I imagine you have to setup your stuff to respond to the DNS + web based challenge/response.
With www
Optional wize: easy dns handling and wildcard ssl will serve any other future sub domain dns.
Seo wise: google prefers it
And if I’m not mistaken there and rfc for it. I can look later
That would be great, but it does not appear to be included in http 3.0. At least, google does not agree it is needed, so it won't likely be. It can only be added in a major protocol version.
This is such an unimportant question. We use www at work and redirect non-www to www. We could just as easily change that if we needed to. But it doesn't really matter either way.
The article suggests using WWW for DNS compatibility, but...
Everything it mentions in prefer for WWW can be solved by a combination of static IP and CDN. My site's domain, for example, has a domain with a static IP and the site is served by HTTPS. Certificate resolution for the HTTPS goes to CloudFlare which also serves as a CDN for everything retrieved from the domain. CloudFlare provides firewall and security options as a feature of its CDN capabilities.
Because I am already solving for all the DNS and application concerns mentioned by the article I choose to use the more sane approach and simply drop use of a default subdomain.
EDIT:
I also detest cookies. They can store virtually nothing at 4kb per domain and the cookie API is horrible. Instead I use localStorage for all storage concerns and share explicitly anything that needs to be shared via XHR, which currently is nothing.
Cookies and local storage are two different things. Use local storage if you want to store data on the client. Use cookies if you want to share data with the server.
And regarding Cloudflare: Terminating your TLS session on a third party provider's server also has it's downsides.
The client-side API for cookies is irrelevant since it's disabled when the httponly flag is set on a cookie. And all cookies should have httponly set to true for security reasons.
You should only be using server-side APIs for cookie management. Many good ones exist.

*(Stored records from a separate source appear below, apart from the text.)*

/// Carries out the command that the words are, as [`run`](crate::run) does, and reports why it ends so.
pub fn carry_out<H: Shelf, T: Store, M: Room, O: Sink, G: Gate + Sync, R: Threads + Wait + Sync>(
    rt: &R,
    alloc: Global,
    words: &[String],
    shelf: &mut H,
    store: &mut T,
    room: &mut M,
    out: &mut O,
    gate: &G,
) -> Ended
where
    H::Source: Send,
    M::File: Send + Sync,
    // The statuses: 0 done; 2 no command; 3 the configuration; 4 a scan; 5 too many; 6 another configuration, no
    // octants, parts that are missing or do not belong here, or no complete dataset; 7 a device; 8 a damaged file or an
    // unfit dataset; 9 memory.

    // There is a failure at each status but 0.
    ensures failure { (result.status ≡ 0) ↔ (result.failure ≡ None) }

    // Words that are no command, and nothing else, are faulty.
    ensures usage { (result.status ≡ 2) ↔ IsUsage (bytes_of words.now) }

    // What is done.
    ensures done { result.status ≡ 0
        → Ends (bytes_of words.now) (H.files shelf.old)
        (BeginsWith M.File.held (H.files shelf.old) (T.files store.old) (T.may_leave store.old)) (T.files store.new)
        (Appends (O.written out.old) (O.written out.new)) ⊎ HasOwnEnd (bytes_of words.now) }
    ensures settled { (config folder : List ℕ) → IsBuild (bytes_of words.now) config folder
        → result.status ≡ 0 → IsSettled (T.files store.new) (T.may_leave store.new) }
    ensures kept { (config folder : List ℕ) → IsBuild (bytes_of words.now) config folder → result.status ≡ 0
        → (all start : Files) → BeginsWith M.File.held (H.files shelf.old) (T.files store.old) (T.may_leave store.old) all start
        → HasSpilled all start (M.keeps room.old) (M.keeps room.new) config }
    ensures done_already { (all start : Files) → BeginsWith M.File.held (H.files shelf.old) (T.files store.old) (T.may_leave store.old) all start
        → AsksBuild (bytes_of words.now) (IsDoneAt all start)
        → Moves T.files T.may_leave T.moment T.image_since SameFiles store.old store.new }

    // What can be done is done, unless a device fails or memory runs out.
    ensures comes { CanBeDone (bytes_of words.now) (H.files shelf.old) (T.files store.old)
        (BeginsWith M.File.held (H.files shelf.old) (T.files store.old) (T.may_leave store.old))
        → EndsWell result.status
        (Rose (H.faults shelf.old) (H.faults shelf.new) ⊎ Rose (T.faults store.old) (T.faults store.new)
        ⊎ Rose (M.faults room.old) (M.faults room.new) ⊎ Rose (O.faults out.old) (O.faults out.new)) }

    // Whatever a build returns and whenever it stops, each image that is left is sound.
    ensures sound { (config folder : List ℕ) → IsBuild (bytes_of words.now) config folder
        → (all start : Files) → BeginsWith M.File.held (H.files shelf.old) (T.files store.old) (T.may_leave store.old) all start
        → Moves T.files T.may_leave T.moment T.image_since (λ (a b : Files). IsSound all b) store.old store.new }

    // A query ends as the query of its area and depths does, whose refusal is the failure, and leaves the store as it
    // was.
    ensures query { (folder : List ℕ) (area : space.Box3) (first last : ℕ) → IsQuery (bytes_of words.now) folder area first last
        → (ends : EndsQuery area first last result.status (T.files store.old) (O.written out.old) (O.written out.new)
        (Rose (T.faults store.old) (T.faults store.new)) (Rose (O.faults out.old) (O.faults out.new)))
        × (result.failure ≡ query_failure ends.answer) }
    ensures query_puts_nothing { AsksQuery (bytes_of words.now)
        → Moves T.files T.may_leave T.moment T.image_since SameFiles store.old store.new }

    // So does a selection; it has the statuses of a query.
    ensures select { (folder : List ℕ) (area : space.Box3) (first last : ℕ) (sift : Sift) → IsSelect (bytes_of words.now) folder area first last sift
        → (ends : EndsSelect sift area first last result.status (T.files store.old) (O.written out.old) (O.written out.new)
        (Rose (T.faults store.old) (T.faults store.new)) (Rose (O.faults out.old) (O.faults out.new)))
        × (result.failure ≡ query_failure ends.answer) }

    // A check ends with the verdict on its folder or a refusal, each with its line, and the failure says which.
    ensures check { (folder : List ℕ) → IsCheck (bytes_of words.now) folder
        → (ends : EndsCheck result.status (T.files store.old) (O.written out.old) (O.written out.new)
        (Rose (T.faults store.old) (T.faults store.new)) (Rose (O.faults out.old) (O.faults out.new)))
        × FailsCheck ends.answer result.failure }

    // A part ends with what it has or a refusal, each with its line, and the failure says which.
    ensures part { (path folder : List ℕ) (octants : ℕ) → IsPart (bytes_of words.now) path folder octants
        → (ends : EndsPart path octants result.status (H.files shelf.old) (T.files store.new)
        (IsSettled (T.files store.new) (T.may_leave store.new)) (store.new ≡ store.old)
        (O.written out.old) (O.written out.new) (Rose (H.faults shelf.old) (H.faults shelf.new))
        (Rose (T.faults store.old) (T.faults store.new)) (Rose (O.faults out.old) (O.faults out.new)))
        × FailsAsPart ends.outcome result.failure }
    ensures part_folder { (path folder : List ℕ) (octants : ℕ) → IsPart (bytes_of words.now) path folder octants
        → Moves T.files T.may_leave T.moment T.image_since (ChangesPart octants) store.old store.new }
    ensures part_own { (path folder : List ℕ) (octants : ℕ) → IsPart (bytes_of words.now) path folder octants
        → (all start : Files) → H.files shelf.old ≡ Some all → T.files store.old ≡ Some start
        → IsSettled (T.files store.old) (T.may_leave store.old) → IsPartSound all start octants
        → Moves T.files T.may_leave T.moment T.image_since (λ (a b : Files). IsPartSound all b octants) store.old store.new }
    ensures part_sound { AsksPart (bytes_of words.now) (λ _ _. ⊤) → (all start : Files) → T.files store.old ≡ Some start
        → IsSettled (T.files store.old) (T.may_leave store.old) → IsSound all start
        → Moves T.files T.may_leave T.moment T.image_since (λ (a b : Files). IsSound all b) store.old store.new }

    // A merge ends with what the build after it has or a refusal, each with its line, and the failure says which.
    ensures merge { (path folder parts : List ℕ) → IsMerge (bytes_of words.now) path folder parts
        → (ends : EndsMerge path parts result.status (H.files shelf.old) (T.files store.old)
        (BeginsWith M.File.held (H.files shelf.old) (T.files store.old) (T.may_leave store.old)) (T.files store.new)
        (IsSettled (T.files store.new) (T.may_leave store.new)) (Moves T.files T.may_leave T.moment T.image_since SameFiles store.old store.new)
        (O.written out.old) (O.written out.new) (Rose (H.faults shelf.old) (H.faults shelf.new))
        (Rose (T.faults store.old) (T.faults store.new)) (Rose (M.faults room.old) (M.faults room.new))
        (Rose (O.faults out.old) (O.faults out.new)))
        × FailsAsMerge ends.outcome result.failure }
    ensures merge_sound { (path folder parts : List ℕ) → IsMerge (bytes_of words.now) path folder parts
        → (all start : Files) → BeginsWith M.File.held (H.files shelf.old) (T.files store.old) (T.may_leave store.old) all start
        → AreSoundParts all start parts
        → Moves T.files T.may_leave T.moment T.image_since (λ (a b : Files). IsSound all b) store.old store.new }

    // A trial ends with the line of what its octree comes to, whatever the files are, or because memory runs out.
    ensures trial { (count workers cache : ℕ) → IsTrial (bytes_of words.now) count workers cache
        → EndsTrial count result.status (O.written out.old) (O.written out.new) (Rose (O.faults out.old) (O.faults out.new)) }

    // Any other refusal has its cause, which is the failure, and its line. If a command is carried out but its line is
    // cut, the failure has this line.
    ensures refused { result.status ≢ 0
        → ((refuses : Refuses (bytes_of words.now) (H.files shelf.old)
        (BeginsWith M.File.held (H.files shelf.old) (T.files store.old) (T.may_leave store.old))
        (SaysOfStore (bytes_of words.now) (H.files shelf.old) (T.files store.old) (T.files store.new)
        (IsSettled (T.files store.old) (T.may_leave store.old))) result.status
        (Rose (H.faults shelf.old) (H.faults shelf.new)) (Rose (T.faults store.old) (T.faults store.new))
        (Rose (M.faults room.old) (M.faults room.new)) (Rose (O.faults out.old) (O.faults out.new))
        (O.written out.old) (O.written out.new)
        (Moves T.files T.may_leave T.moment T.image_since SameFiles store.old store.new))
        × (result.failure ≡ Some (Refused refuses.cause)))
        ⊎ ((cut : IsCut (bytes_of words.now) (H.files shelf.old)
        (BeginsWith M.File.held (H.files shelf.old) (T.files store.old) (T.may_leave store.old)) result.status (T.files store.new)
        (Rose (O.faults out.old) (O.faults out.new)) (O.written out.old) (O.written out.new))
        × IsUnwritten result.failure cut.ends.line)
        ⊎ HasOwnEnd (bytes_of words.now) }
    ensures refusal_comes { Tells (λ all. (r : cause.Refusal) → IsDefinite r
        → IsFaulty (bytes_of words.now) all r
        → YieldsRefusal r result.status (O.written out.old) (O.written out.new)
        (Rose (O.faults out.old) (O.faults out.new))) (H.files shelf.old) }
    ensures build_refusal_comes { (all start : Files) → BeginsWith M.File.held (H.files shelf.old) (T.files store.old) (T.may_leave store.old) all start
        → (r : cause.Refusal) → AsksBuild (bytes_of words.now) (ComesAt all start r)
        → YieldsRefusal r result.status (O.written out.old) (O.written out.new) (Rose (O.faults out.old) (O.faults out.new)) }
    ensures differs_comes { (all start : Files) → H.files shelf.old ≡ Some all → T.files store.old ≡ Some start
        → AsksBuild (bytes_of words.now) (DiffersAt all start)
        → YieldsDifference result.status (O.written out.old) (O.written out.new) (Rose (O.faults out.old) (O.faults out.new)) }
    ensures damaged_comes { (all start : Files) → H.files shelf.old ≡ Some all → T.files store.old ≡ Some start
        → AsksBuild (bytes_of words.now) (ComesToDamageAt all start)
        → YieldsDamage result.status (O.written out.old) (O.written out.new) (Rose (O.faults out.old) (O.faults out.new)) }
    ensures bad_comes { (all start : Files) (letter : Letter) → H.files shelf.old ≡ Some all → T.files store.old ≡ Some start
        → IsBad start letter → AsksBuild (bytes_of words.now) (IsConfigured all)
        → YieldsRefusal (BadCheckpoint letter) result.status (O.written out.old) (O.written out.new)
        (Rose (O.faults out.old) (O.faults out.new)) }
    ensures fault { result.status ≡ 7 → Rose (H.faults shelf.old) (H.faults shelf.new)
        ⊎ Rose (T.faults store.old) (T.faults store.new) ⊎ Rose (M.faults room.old) (M.faults room.new)
        ⊎ Rose (O.faults out.old) (O.faults out.new) }

    // What is opened, and how much of a file is read. `info` reads the first 375 bytes of a LAS file. At most 16 MiB
    // and one byte of a file that is no configuration are read.
    ensures asked { (start : Files) → T.files store.old ≡ Some start
        → IsAskedFor (bytes_of words.now) (H.files shelf.old) start (H.asked shelf.old) (H.asked shelf.new) }
    ensures header_given { (las : List ℕ) → IsInfo (bytes_of words.now) las
        → H.given shelf.new ≤ H.given shelf.old + 375 }
    ensures configuration_given { result.status ≡ 3 → H.given shelf.new ≤ H.given shelf.old + (2 ^ 24 + 1) }

    // What stays as it was.
    ensures others_put_nothing { AsksBuild (bytes_of words.now) (λ _. ⊤) ⊎ AsksForParts (bytes_of words.now)
        ⊎ Moves T.files T.may_leave T.moment T.image_since SameFiles store.old store.new }
    ensures same_store { AsksBuild (bytes_of words.now) (λ _. ⊤) ⊎ HasOwnEnd (bytes_of words.now) ⊎ (store.new ≡ store.old) }
    ensures same_shelf { AsksBuild (bytes_of words.now) (λ _. ⊤) ⊎ AsksInfo (bytes_of words.now) (λ _. ⊤)
        ⊎ AsksForParts (bytes_of words.now) ⊎ (shelf.new ≡ shelf.old) }
    ensures files { H.files shelf.new ≡ H.files shelf.old }
    ensures same_room { AsksBuild (bytes_of words.now) (λ _. ⊤) ⊎ AsksMerge (bytes_of words.now) (λ _ _. ⊤) ⊎ (room.new ≡ room.old) }
{
    match command_of(words) {
        Command::Build { config, .. } => {
            let line = build_line(rt, alloc, config, shelf, store, room, gate);
            finish(alloc, out, line)
        }
        Command::Info { las } => {
            let line = info_line(alloc, shelf, las);
            finish(alloc, out, line)
        }
        Command::Query { area, depths, .. } => {
            query_words_law();
            answer_query(alloc, &area, depths, store, out)
        }
        Command::Select {
            area,
            depths,
            sift,
            ..
        } => {
            query_words_law();
            sift_text_law();
            answer_select(alloc, &area, depths, &sift, store, out)
        }
        Command::Check { .. } => answer_check(alloc, store, out),
        Command::Part {
            config,
            octants,
            ..
        } => {
            class_set_law();
            answer_part(alloc, config, octants, shelf, store, out)
        }
        Command::Merge { config, parts, .. } => {
            class_set_law();
            answer_merge(
                rt,
                alloc,
                config,
                parts.as_slice(),
                shelf,
                store,
                room,
                out,
                gate,
            )
        }
        Command::Trial {
            points,
            workers,
            cache,
        } => {
            let line = trial_line(rt, alloc, points, workers, cache);
            finish(alloc, out, line)
        }
        Command::Usage => refuse_usage(out),
    }
}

Storing arbitrary data in a cookie isn't a secure best-practice anyway. You shouldn't store actual data in cookies, just a meaningless token (aka session-id) that is used to look up session data on the server side. If you insist on using local storage, please be aware that it's unsuitable for storage of any sensitive data for the same security reasons that the httponly cookie flag exists.

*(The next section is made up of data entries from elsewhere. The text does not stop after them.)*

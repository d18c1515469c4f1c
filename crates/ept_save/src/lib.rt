//! Checkpoints in a store: which one is current, how the next one is made, and what a crash may leave.
#![tactic(auto)]

mod committing;
mod done;
mod error;
mod gates;
mod laws;
mod loading;
mod migrating;
mod names;
mod opening;
mod saved;
mod saving;

pub use committing::commit;
pub use done::{close_done, is_done, open_done};
pub use error::SaveError;
pub use gates::{close_gate, is_open};
pub use laws::{images_law, sound_law, sound_steps_law};
pub use loading::{load_bytes, load_line, load_node, load_tile};
pub use migrating::migrate;
pub use opening::open;
pub use saved::Saved;
pub use saving::{begin, save_tile};
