//! What is known of a store's checkpoints.

ghost use Rattle.std.specs.Prelude.{◌≡◌, ◌<◌, ◌^◌, [], map, false, Some, option_map, OnOk, OnErr, IfOk};
ghost use Rattle.std.specs.Option.{option_copied};
ghost use Rattle.ept_ckpt.specs.Facts.{facts};
ghost use Rattle.ept_ckpt.specs.declared.letter.Letter as letters;
ghost use Rattle.ept_ckpt.specs.declared.checkpoint.Checkpoint as kept;
ghost use Rattle.ept_point.specs.declared.layout.Layout.TheVariants.{Old};
ghost use Rattle.ept_ckpt.specs.Valid.{IsCheckpoint};
ghost use Rattle.ept_ckpt.specs.declared.version.BodyVersion.TheVariants.{V3};
ghost use Rattle.ept_save.specs.View.{next_letter, next_generation, next_facts};
ghost use Rattle.ept_save.specs.Lines.{free_letter, with_line};
ghost use Rattle.ept_save.specs.Loading.{current_line};
ghost use Rattle.ept_save.specs.Migrating.{turned, IsTurnOf};
ghost use Rattle.ept_save.specs.Opening.{lines_of};
ghost use Rattle.ept_save.specs.Stored.{line_of};
ghost use Rattle.ept_save.specs.Tiles.{IsOfLayout};

use crate::names::other;
use ept_ckpt::{BodyVersion, Checkpoint, Letter, NodeLine};
use ept_config::{Kept, SourceCount};
use ept_point::{List, Memory};
use ept_space::Key;
use std::alloc::Global;
use std::collections::BTreeMap;
use std::marker::Model;

/// What is known of a node's tile, besides its key.
#[derive(Clone, Copy, Debug)]
pub(crate) struct Line {
    pub(crate) count: u64,
    pub(crate) mask: u8,
    pub(crate) letter: Letter,
}

/// What is known of a store's checkpoints: the current one, and the lines for the next one.
///
/// The lines are in key order. After [`open`](crate::open) and after each commit they are those of the current
/// checkpoint, or there are none if there is no checkpoint.
#[derive(Drop)]
pub struct Saved {
    pub(crate) current: Option<(Letter, Checkpoint)>,
    pub(crate) lines: BTreeMap<Key, Line>,
    pub(crate) begun: bool,
}

impl Model for Saved {
    ghost use Rattle.std.specs.Prelude.{map};
    ghost use Rattle.ept_save.specs.View.{View};
    ghost use Rattle.ept_save.specs.Stored.{line_of};

    ghost Value = { View };

    ghost view = { λ s. record { current = s.current; lines = map line_of s.lines.entries; begun = s.begun } };
}

impl Saved {
    /// What is known if this is the current checkpoint.
    pub(crate) fn of(alloc: Global, current: Option<(Letter, Checkpoint)>) -> Result<Saved, Memory>
        ensures { IfOk result (λ saved. saved
            ≡ record { current = current; lines = lines_of current; begun = false }) }
    {
        let mut lines = BTreeMap::new(alloc);
        if let Some((_, checkpoint)) = &current {
            fill(&mut lines, checkpoint)?;
        }
        Ok(Saved {
            current,
            lines,
            begun: false,
        })
    }

    /// The current checkpoint, if there is one.
    pub fn current(&self) -> Option<&Checkpoint>
        ensures { option_copied result ≡ option_map (λ c. c.1) self.now.current }
    {
        self.current.as_ref().map(|current| &current.1)
    }

    /// What the current checkpoint states of a node, if there is one of this key.
    pub fn line(&self, key: &Key) -> Option<&NodeLine>
        ensures { option_copied result ≡ current_line self.now.current key.now }
    {
        match &self.current {
            Some((_, checkpoint)) => checkpoint.line(key),
            None => None,
        }
    }

    /// The version under which the tile of a key is put: the one that the current checkpoint does not name
    /// for it, or a.
    pub(crate) fn free_letter(&self, key: &Key) -> Letter
        ensures { result ≡ free_letter self.now.current key.now }
    {
        let Some((_, checkpoint)) = &self.current else {
            return Letter::A;
        };
        match checkpoint.line(key) {
            Some(line) => other(line.letter),
            None => Letter::A,
        }
    }

    /// The letter of the next checkpoint.
    pub(crate) fn next_letter(&self) -> Letter
        ensures { result ≡ next_letter self.now.current }
    {
        match &self.current {
            Some((letter, _)) => other(*letter),
            None => Letter::A,
        }
    }

    /// Notes the line of a node's tile for the next checkpoint.
    pub(crate) fn note(
        &mut self,
        key: Key,
        count: u64,
        mask: u8,
        letter: Letter,
    ) -> Result<(), Memory>
        ensures line { OnOk result (self.new ≡ record self.old {
          lines = with_line
              (record { key = key; count = count; mask = mask; letter = letter }) self.old.lines;
        }) }
        ensures unchanged { OnErr result (self.new ≡ self.old) }
    {
        self.lines.insert(
            key,
            Line {
                count,
                mask,
                letter,
            },
        )?;
        Ok(())
    }

    /// The next checkpoint, of the newest version.
    pub(crate) fn next(
        &self,
        alloc: Global,
        kept: &Kept,
        counts: &[SourceCount],
        inserted: u64,
    ) -> Result<Checkpoint, Memory>
        requires { IsCheckpoint V3 (next_generation self.now.current) kept.now counts.now inserted self.now.lines }
        ensures { IfOk result (λ next. facts next ≡ next_facts self.now kept.now counts.now inserted) }
    {
        Ok(Checkpoint {
            version: BodyVersion::NEWEST,
            generation: self.next_generation(),
            kept: kept.copy(alloc)?,
            counts: List::of(Vec::from_slice(alloc, counts)?),
            inserted,
            nodes: List::of(self.nodes(alloc)?),
        })
    }

    /// The next checkpoint of a migration, whose nodes are the lines: of the same points as the current one.
    pub(crate) fn next_turned(&self, alloc: Global) -> Result<Checkpoint, Memory>
        requires old { IsOfLayout Old self.now.current }
        requires turned { self.now.lines ≡ map turned (lines_of self.now.current) }
        ensures { IfOk result (λ next. (letter : letters.Letter) (c : kept.Checkpoint) → self.now.current ≡ Some (letter, c)
            → IsTurnOf c next) }
    {
        let (_, checkpoint) = self.current.as_ref().unwrap();
        self.next(
            alloc,
            &checkpoint.kept,
            checkpoint.counts.as_slice(),
            checkpoint.inserted,
        )
    }

    // The generation of the next checkpoint.
    fn next_generation(&self) -> u64
        requires { next_generation self.now.current < 2 ^ 64 }
        ensures { result ≡ next_generation self.now.current }
    {
        match &self.current {
            Some((_, checkpoint)) => checkpoint.generation + 1,
            None => 1,
        }
    }

    /// The lines as a list.
    pub(crate) fn nodes(&self, alloc: Global) -> Result<Vec<NodeLine>, Memory>
        ensures { IfOk result (λ nodes. nodes.items ≡ self.now.lines) }
    {
        let mut nodes = Vec::with_capacity(alloc, self.lines.len())?;
        for (key, line) in self.lines.iter() {
            nodes.push(NodeLine {
                key: *key,
                count: line.count,
                mask: line.mask,
                letter: line.letter,
            })?;
        }
        Ok(nodes)
    }
}

// Puts the lines of a checkpoint into an empty map.
fn fill(lines: &mut BTreeMap<Key, Line>, checkpoint: &Checkpoint) -> Result<(), Memory>
    requires { lines.old.entries ≡ [] }
    ensures { OnOk result (map line_of lines.new.entries ≡ checkpoint.now.nodes) }
{
    for line in checkpoint.nodes.as_slice() {
        lines.insert(
            line.key,
            Line {
                count: line.count,
                mask: line.mask,
                letter: line.letter,
            },
        )?;
    }
    Ok(())
}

Don't let your API elegance preferences be the only factor in your architecture design choices. Please consider security too as you may be putting your users at risk. Design choices in this area are more nuanced than you seem to be aware of.
" One of the reasons why you need www or some other subdomain has to do with a quirk of DNS and the CNAME record.

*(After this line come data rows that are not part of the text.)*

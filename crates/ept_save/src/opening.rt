//! Opening the checkpoints of a store.

ghost use Rattle.std.specs.Prelude.{◌≡◌, ◌≢◌, ◌⊎◌, Some, Err, IfOk, IfErr, false};
ghost use Rattle.ept_base.specs.Causes.{HasCauseOf};
ghost use Rattle.ept_base.specs.Files.{Files, SameFiles, Tells, StepsBy};
ghost use Rattle.ept_base.specs.Moves.{Elapses, Moves, SameImages, IsSettled};
ghost use Rattle.ept_ckpt.specs.declared.letter.Letter.TheVariants as letter;
ghost use Rattle.ept_ckpt.specs.declared.letter.Letter as l;
ghost use Rattle.ept_save.specs.Current.{Current, HasCurrent};
ghost use Rattle.ept_save.specs.Opening.{IsBroken, IsBad, IsFound, AreAlike, lines_of};
ghost use Rattle.ept_save.specs.Errors.{IsStores};
ghost use Rattle.ept_save.specs.View.{StandsFor};
ghost use Rattle.ept_space.specs.VoxelKey.{VoxelKey};

use crate::error::SaveError;
use crate::gates::is_open;
use crate::names::{body_name, gate_name};
use crate::saved::Saved;
use ept_base::Store;
use ept_ckpt::{Checkpoint, CkptError, Letter, read_ckpt};
use std::alloc::Global;

/// Finds the current checkpoint of a store: of the letters whose gates are open, the one whose checkpoint has
/// the greater generation. Nothing is put.
///
/// # Errors
///
/// `BadCheckpoint` if the body of a letter that counts is missing or is not that of a checkpoint. Or both letters count
/// and have one generation. Letter a comes first.
pub fn open<T: Store>(alloc: Global, store: &mut T) -> Result<Saved, SaveError>
    ensures current { IfOk result (λ saved. Tells (HasCurrent saved.current) (T.files store.old)) }
    ensures lines { IfOk result (λ saved. saved.lines ≡ lines_of saved.current) }
    ensures begun { IfOk result (λ saved. saved.begun ≡ false) }

    // A bad checkpoint is reported exactly if there is one, unless the store fails or memory runs out. So no checkpoint is
    // reported if it is known which one is current, or that there is none. Of sound files that is known.
    ensures refused { (which : l.Letter) → result ≡ Err (SaveError.BadCheckpoint which)
        → Tells (λ all. IsBad all which) (T.files store.old) }
    ensures refusal_comes { (which : l.Letter) → (all : Files) → T.files store.old ≡ Some all → IsBad all which
        → (result ≡ Err (SaveError.BadCheckpoint which)) ⊎ (result ≡ Err SaveError.StoreFault)
        ⊎ (result ≡ Err SaveError.Memory) }
    ensures no_tile { IfErr result (λ e. (key : VoxelKey) → e ≢ SaveError.TileDamaged key) }
    ensures none_bad { (current : Current) (all : Files) → T.files store.old ≡ Some all → HasCurrent current all
        → IfErr result IsStores }

    // What is read and every image are as before, and a settled store matches what was found.
    ensures stands { IfOk result (λ saved. (all : Files) → T.files store.old ≡ Some all
        → IsSettled (T.files store.old) (T.may_leave store.old)
        → StandsFor saved (T.files store.new) (T.may_leave store.new)) }
    ensures any_moment { Moves T.files T.may_leave T.moment T.image_since SameFiles store.old store.new }
    ensures cause { HasCauseOf SaveError.StoreFault (T.faults store.old) (T.faults store.new) result }
{
    opened(alloc, store)
}

// Finds it, as `open` says.
fn opened<T: Store>(alloc: Global, store: &mut T) -> Result<Saved, SaveError>
    ensures current { IfOk result (λ saved. Tells (HasCurrent saved.current) (T.files store.old)) }
    ensures lines { IfOk result (λ saved. saved.lines ≡ lines_of saved.current) }
    ensures begun { IfOk result (λ saved. saved.begun ≡ false) }
    ensures refused { (which : l.Letter) → result ≡ Err (SaveError.BadCheckpoint which)
        → Tells (λ all. IsBad all which) (T.files store.old) }
    ensures refusal_comes { (which : l.Letter) → (all : Files) → T.files store.old ≡ Some all → IsBad all which
        → (result ≡ Err (SaveError.BadCheckpoint which)) ⊎ (result ≡ Err SaveError.StoreFault)
        ⊎ (result ≡ Err SaveError.Memory) }
    ensures no_tile { IfErr result (λ e. (key : VoxelKey) → e ≢ SaveError.TileDamaged key) }
    ensures stands { IfOk result (λ saved. (all : Files) → T.files store.old ≡ Some all
        → IsSettled (T.files store.old) (T.may_leave store.old)
        → StandsFor saved (T.files store.new) (T.may_leave store.new)) }
    ensures any_moment { Moves T.files T.may_leave T.moment T.image_since SameFiles store.old store.new }
    ensures cause { HasCauseOf SaveError.StoreFault (T.faults store.old) (T.faults store.new) result }
{
    let a = checkpoint_of(alloc, store, Letter::A)?;
    let b = checkpoint_of(alloc, store, Letter::B)?;
    let current = current_of(a, b)?;
    Ok(Saved::of(alloc, current)?)
}

// The checkpoint of a letter, if it counts.
fn checkpoint_of<T: Store>(
    alloc: Global,
    store: &mut T,
    letter: Letter,
) -> Result<Option<Checkpoint>, SaveError>
    ensures found { IfOk result (λ found. Tells (λ all. IsFound all letter found) (T.files store.old)) }
    ensures refused { IfErr result (λ e. (which : l.Letter) → e ≡ SaveError.BadCheckpoint which
        → (which ≡ letter) × Tells (λ all. IsBroken all letter) (T.files store.old)) }
    ensures no_tile { IfErr result (λ e. (key : VoxelKey) → e ≢ SaveError.TileDamaged key) }
    ensures reads { StepsBy SameFiles (T.files store.old) (T.files store.new) }
    ensures images { SameImages (T.may_leave store.old) (T.may_leave store.new) }
    ensures any_moment { Moves T.files T.may_leave T.moment T.image_since SameFiles store.old store.new }
    ensures time { Elapses (T.moment store.old) (T.moment store.new) (T.image_since store.old) (T.image_since store.new) (T.may_leave store.new) }
    ensures cause { HasCauseOf SaveError.StoreFault (T.faults store.old) (T.faults store.new) result }
{
    if !is_open(alloc, store, gate_name(letter))? {
        return Ok(None);
    }
    let mut body = Vec::new(alloc);
    if !store.get(body_name(letter), &mut body)? {
        return Err(SaveError::BadCheckpoint { letter });
    }
    match read_ckpt(alloc, &body) {
        Ok(checkpoint) => Ok(Some(checkpoint)),
        Err(CkptError::Memory) => Err(SaveError::Memory),
        Err(_) => Err(SaveError::BadCheckpoint { letter }),
    }
}

// The current one of the checkpoints of the letters a and b.
fn current_of(
    a: Option<Checkpoint>,
    b: Option<Checkpoint>,
) -> Result<Option<(Letter, Checkpoint)>, SaveError>
    ensures current { IfOk result (λ current. (files : Files) → IsFound files letter.A a
        → IsFound files letter.B b → HasCurrent current files) }
    ensures alike { IfErr result (λ e. (e ≡ SaveError.BadCheckpoint letter.B)
        × ((files : Files) → IsFound files letter.A a → IsFound files letter.B b → AreAlike files)) }
{
    match (a, b) {
        (None, None) => Ok(None),
        (Some(a), None) => Ok(Some((Letter::A, a))),
        (None, Some(b)) => Ok(Some((Letter::B, b))),
        (Some(a), Some(b)) => match newer(a, b) {
            Ok(current) => Ok(Some(current)),
            Err(error) => Err(error),
        },
    }
}

// The one of the greater generation, with its letter.
fn newer(a: Checkpoint, b: Checkpoint) -> Result<(Letter, Checkpoint), SaveError>
    ensures current { IfOk result (λ current. (files : Files) → IsFound files letter.A (Some a)
        → IsFound files letter.B (Some b) → HasCurrent (Some current) files) }
    ensures alike { IfErr result (λ e. (e ≡ SaveError.BadCheckpoint letter.B) × (a.generation ≡ b.generation)) }
{
    if a.generation == b.generation {
        return Err(SaveError::BadCheckpoint { letter: Letter::B });
    }
    if a.generation > b.generation {
        Ok((Letter::A, a))
    } else {
        Ok((Letter::B, b))
    }
}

Suppose for the purposes of this example that you are running a big site and contract out hosting to a CDN (Content Distribution Network) such as Akamai. What you typically do is set up the DNS record for your site as a CNAME to some akamai.com address. This gives the CDN the opportunity to supply an IP address that is close to the browser (in geographic or network terms). If you used an A record on your site, then you would not be able to offer this flexibility.
The quirk of the DNS is that if you have a CNAME record for a host name, you cannot have any other records for that same host. However, your top level domain example.com usually must have an NS and SOA record. Therefore, you cannot also add a CNAME record for example.com.
The use of www.example.com gives you the opportunity to use a CNAME for www that points to your CDN, while leaving the required NS and SOA records on example.com. The example.com record will usually also have an A record to point to a host that will redirect to www.example.com using an HTTP redirect."